RTI: A bill that may kill a right
The retrograde amendment would amount to creating an RTI ministry under the government
Fifteen years is a good time for appraisal of an institution. The Right to Information (RTI) Act, called the sunshine legislation and promulgated in 2005, certainly deserves an in-depth study and assessment for accelerating the flow of information to the public. This calls for upgrading skills, infrastructure, processes and alacrity of response from public authorities. A decadal review of the RTI regime undertaken in 2014 by the various stakeholders, resulted in very useful findings.
Presently, over 25,000 cases are filed with the Commission annually — a quantum jump from roughly 15,000, 10 years back. With digitisation, the entire process of filing applications, serving of notices, and uploading of decisions has become easier, and the system has ramped up capacities and efficiency. Increasing applications indicate the faith of the people as well as better response by public authorities.
It is in this context that the government’s plan to amend the RTI Act, to alter the salary and tenure of Information Commissioners, is intriguing. The Lok Sabha, on Monday, passed “The RTI Act (Amendment) Bill, 2018”. This was moved in the last session too, but withdrawn in the face of fierce opposition.

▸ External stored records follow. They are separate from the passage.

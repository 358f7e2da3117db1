// The winding number by dipoles: sixteen numbers a node beside the tree, and the walk that uses them. Each contract is an equation with a
// definition of `spec_dipoles`.
#![tactic(auto)]

pub mod calls;
pub mod dipole;
pub mod far;
pub mod matrix3;
pub mod stored;
pub mod sums;
pub mod tests;
pub mod walk;
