// The public calls, over any lists at all: the dipoles of a tree, and winding numbers by them. A refusal changes nothing.
ghost use Rattle.std.specs.Prelude.{◌≡◌, ◌*◌, ◌≤◌, length};
ghost use Rattle.std.specs.Float.{binary32};
ghost use Rattle.shapes.specs.Values as Shapes;
ghost use Rattle.lists.specs.Values as Verdicts;
ghost use Rattle.spec_lists.specs.Reading as Reading;
ghost use Rattle.spec_tables.specs.Tables as Tables;
ghost use Rattle.spec_dipoles.specs.Calls as Calls;
ghost use Rattle.spec_dipoles.specs.Stored as Stored;

use crate::stored::{make_dipoles, store_sums};
use crate::tests::{fast_refusal, sums_refusal};
use crate::walk::{Probe, walk};
use angles::arc_tangent::{ArcTable, arc_table};
use angles::winding::put_windings;
use lists::drawing::Drawing;
use lists::limits;
use lists::refusal::Refusal;
use shapes::vec3::Vec3;

// Writes the dipole of each node to the front of `sums`, sixteen numbers a node: first order 3, second order 9 by columns, radius, centre 3.
pub fn node_sums(drawing: &Drawing, sums: &mut [f32]) -> Result<(), Refusal>
    ensures verdict { Verdicts.as_verdict result
        ≡ Calls.sums_refusal drawing.now.triangles.now drawing.now.order.now drawing.now.links.now
        drawing.now.boxes.now drawing.now.nodes (length sums.old) }
    ensures sums { sums.new
        ≡ Calls.after_sums binary32 drawing.now.triangles.now drawing.now.order.now drawing.now.links.now
        drawing.now.boxes.now drawing.now.nodes sums.old }
{
    sums_refusal(drawing, sums.len())?;
    store_sums(drawing, sums);
    make_dipoles(drawing, sums);
    Ok(())
}

// The winding number about p by dipoles, with the lent table of arc tangents.
pub fn fast_winding_by(
    table: &ArcTable,
    drawing: &Drawing,
    sums: &[f32],
    accuracy: f32,
    p: Vec3,
) -> f32
    requires { Stored.RootIn drawing.now.triangles.now drawing.now.order.now drawing.now.links.now sums.now
        drawing.now.nodes }
    ensures { result
        ≡ Calls.fast_about binary32 drawing.now.triangles.now drawing.now.order.now drawing.now.links.now
        drawing.now.nodes sums.now accuracy (Shapes.as_point p) }
{
    let probe = Probe { point: p, accuracy };
    walk(
        table,
        drawing,
        sums,
        &probe,
        limits::DEEPEST,
        drawing.nodes - 1,
    )
}

// Writes one winding number a point to the front of `out`. The table is laid out once for all of them.
fn write_windings(drawing: &Drawing, sums: &[f32], points: &[f32], accuracy: f32, out: &mut [f32])
    requires there { Stored.RootIn drawing.now.triangles.now drawing.now.order.now drawing.now.links.now sums.now
        drawing.now.nodes }
    requires room { Reading.point_count points.now ≤ length out.old }
    ensures { out.new
        ≡ Tables.overwrite 0 (Calls.fast_windings binary32 drawing.now.triangles.now drawing.now.order.now
        drawing.now.links.now drawing.now.nodes sums.now accuracy points.now) out.old }
{
    let table = arc_table();
    put_windings(
        points,
        |p| fast_winding_by(&table, drawing, sums, accuracy, p),
        out,
    );
}

// Writes the winding number about each point, by the dipoles that are lent, to the front of `out`, one f32 a point.
// A node is used as far where the point is farther from its centre than its radius times the accuracy scale and its far term is finite.
pub fn fast_winding(
    drawing: &Drawing,
    sums: &[f32],
    points: &[f32],
    accuracy: f32,
    out: &mut [f32],
) -> Result<(), Refusal>
    ensures verdict { Verdicts.as_verdict result
        ≡ Calls.fast_refusal drawing.now.triangles.now drawing.now.order.now drawing.now.links.now
        drawing.now.boxes.now drawing.now.nodes sums.now points.now accuracy (length out.old) }
    ensures windings { out.new
        ≡ Calls.after_fast binary32 drawing.now.triangles.now drawing.now.order.now drawing.now.links.now
        drawing.now.boxes.now drawing.now.nodes sums.now accuracy points.now out.old }
{
    fast_refusal(drawing, sums, points, accuracy, out.len())?;
    write_windings(drawing, sums, points, accuracy, out);
    Ok(())
}
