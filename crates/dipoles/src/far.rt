// The far term of a dipole, and when it is used.
ghost use Rattle.std.specs.Prelude.{◌≡◌};
ghost use Rattle.std.specs.Float.{binary32};
ghost use Rattle.shapes.specs.Values as Shapes;
ghost use Rattle.spec_dipoles.specs.Far as Far;
ghost use Rattle.dipoles.specs.Values as Values;

use crate::dipole::Dipole;
use crate::matrix3::{Matrix3, identity_times, outer};
use angles::root::root_or_nan;
use shapes::vec3::Vec3;
use std::f32::consts::PI;

// What the second order is multiplied with: the identity over 4 PI r^3, less 3 r r transposed over 4 PI r^5.
fn second_by(r: Vec3, inverse: f32, r5: f32) -> Matrix3
    ensures { Values.as_matrix result ≡ Far.second_by binary32 (Shapes.as_point r) inverse r5 }
{
    let denominator = 4.0 * PI * r5;
    identity_times(inverse).minus(outer(r.scale(3.0), r).over(denominator))
}

// The far term by r, its square and its length.
fn term_by(d: Dipole, r: Vec3, r2: f32, r1: f32) -> f32
    ensures { result ≡ Far.term_by binary32 (Values.as_dipole d) (Shapes.as_point r) r2 r1 }
{
    let r3 = r2 * r1;
    let inverse = 1.0 / (4.0 * PI * r3);
    d.first.dot(r.scale(inverse)) + d.second.dot(second_by(r, inverse, r3 * r2))
}

// The far term where q is far, else a NaN. The length is that of the difference either way round, so one root serves the test and the term.
pub fn term_or_nan(d: Dipole, accuracy: f32, q: Vec3) -> f32
    ensures { result ≡ Far.term_or_nan binary32 (Values.as_dipole d) accuracy (Shapes.as_point q) }
{
    let r = d.centre.minus(q);
    let r2 = r.dot(r);
    let r1 = root_or_nan(r2);
    if d.radius * accuracy < r1 {
        return term_by(d, r, r2, r1);
    }
    f32::NAN
}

The penultimate bill on RTI in 2005 also had a provision of appointing deputy commissioners, who would function as per ‘the direction of the Central Government’. The Parliamentary Standing Committee recommended its deletion because it would make every Information Commissioner a clerk in the administration. Finally, when the bill was passed, this subclause was replaced with: “...may exercise all such powers and do all such acts and things which may be exercised or done by the Central Information Commission (CIC) autonomously without being subjected to directions by any other authority under this Act.” The Committee felt “it will be desirable to confer on the Information Commissioner and Deputy Information Commissioners, status of the Chief Election Commissioner and the Election Commissioner, respectively...”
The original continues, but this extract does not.